Retype every entry precisely and keep each line whole.

START Material provided

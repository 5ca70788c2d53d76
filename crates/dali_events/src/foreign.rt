ghost use Rattle.std.specs.Prelude.{◌≡◌};
ghost use Rattle.dali_events.specs.Foreign.{is_foreign, changes_addresses, selects_gear};

use dali_frame::Forward;
use dali_special::Command;

/// Whether a frame of another device may come on the bus at any moment, as of a sensor or a push button. Direct arc
/// power may, and what is no addressing command. RESET and SET SHORT ADDRESS change addresses, and PHYSICAL SELECTION
/// is an addressing command of edition 1, so these three may not.
pub fn is_foreign(frame: Forward) -> bool
    ensures { result ≡ is_foreign frame }
{
    match Command::read(frame) {
        Command::Arc(_) => true,
        Command::Other(_) => !(changes_addresses(frame) || selects_gear(frame)),
        Command::Terminate
        | Command::Initialise(_)
        | Command::Randomise
        | Command::Compare
        | Command::Withdraw
        | Command::SearchHigh(_)
        | Command::SearchMiddle(_)
        | Command::SearchLow(_)
        | Command::Program(_)
        | Command::Verify(_)
        | Command::QueryShort
        | Command::RandomByte(..) => false,
    }
}

/// RESET (opcode `20`) and SET SHORT ADDRESS (`80`), to one gear, a group, all, or those without short address.
fn changes_addresses(frame: Forward) -> bool
    ensures { result ≡ changes_addresses frame }
{
    let to_gear = frame.address_byte < 0xA0 || frame.address_byte >= 0xFC;
    to_gear && (frame.opcode_byte == 0x20 || frame.opcode_byte == 0x80)
}

/// PHYSICAL SELECTION (`BD00`) of IEC 62386-102:2009.
fn selects_gear(frame: Forward) -> bool
    ensures { result ≡ selects_gear frame }
{
    frame.address_byte == 0xBD && frame.opcode_byte == 0
}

END Material provided

Written reply:
repository 5ca70788c2d53d76
filename crates/dali_events/src/foreign.rt
ghost use Rattle.std.specs.Prelude.{◌≡◌};
ghost use Rattle.dali_events.specs.Foreign.{is_foreign, changes_addresses, selects_gear};

use dali_frame::Forward;
use dali_special::Command;

/// Whether a frame of another device may come on the bus at any moment, as of a sensor or a push button. Direct arc
/// power may, and what is no addressing command. RESET and SET SHORT ADDRESS change addresses, and PHYSICAL SELECTION
/// is an addressing command of edition 1, so these three may not.
pub fn is_foreign(frame: Forward) -> bool
    ensures { result ≡ is_foreign frame }
{
    match Command::read(frame) {
        Command::Arc(_) => true,
        Command::Other(_) => !(changes_addresses(frame) || selects_gear(frame)),
        Command::Terminate
        | Command::Initialise(_)
        | Command::Randomise
        | Command::Compare
        | Command::Withdraw
        | Command::SearchHigh(_)
        | Command::SearchMiddle(_)
        | Command::SearchLow(_)
        | Command::Program(_)
        | Command::Verify(_)
        | Command::QueryShort
        | Command::RandomByte(..) => false,
    }
}

/// RESET (opcode `20`) and SET SHORT ADDRESS (`80`), to one gear, a group, all, or those without short address.
fn changes_addresses(frame: Forward) -> bool
    ensures { result ≡ changes_addresses frame }
{
    let to_gear = frame.address_byte < 0xA0 || frame.address_byte >= 0xFC;
    to_gear && (frame.opcode_byte == 0x20 || frame.opcode_byte == 0x80)
}

/// PHYSICAL SELECTION (`BD00`) of IEC 62386-102:2009.
fn selects_gear(frame: Forward) -> bool
    ensures { result ≡ selects_gear frame }
{
    frame.address_byte == 0xBD && frame.opcode_byte == 0
}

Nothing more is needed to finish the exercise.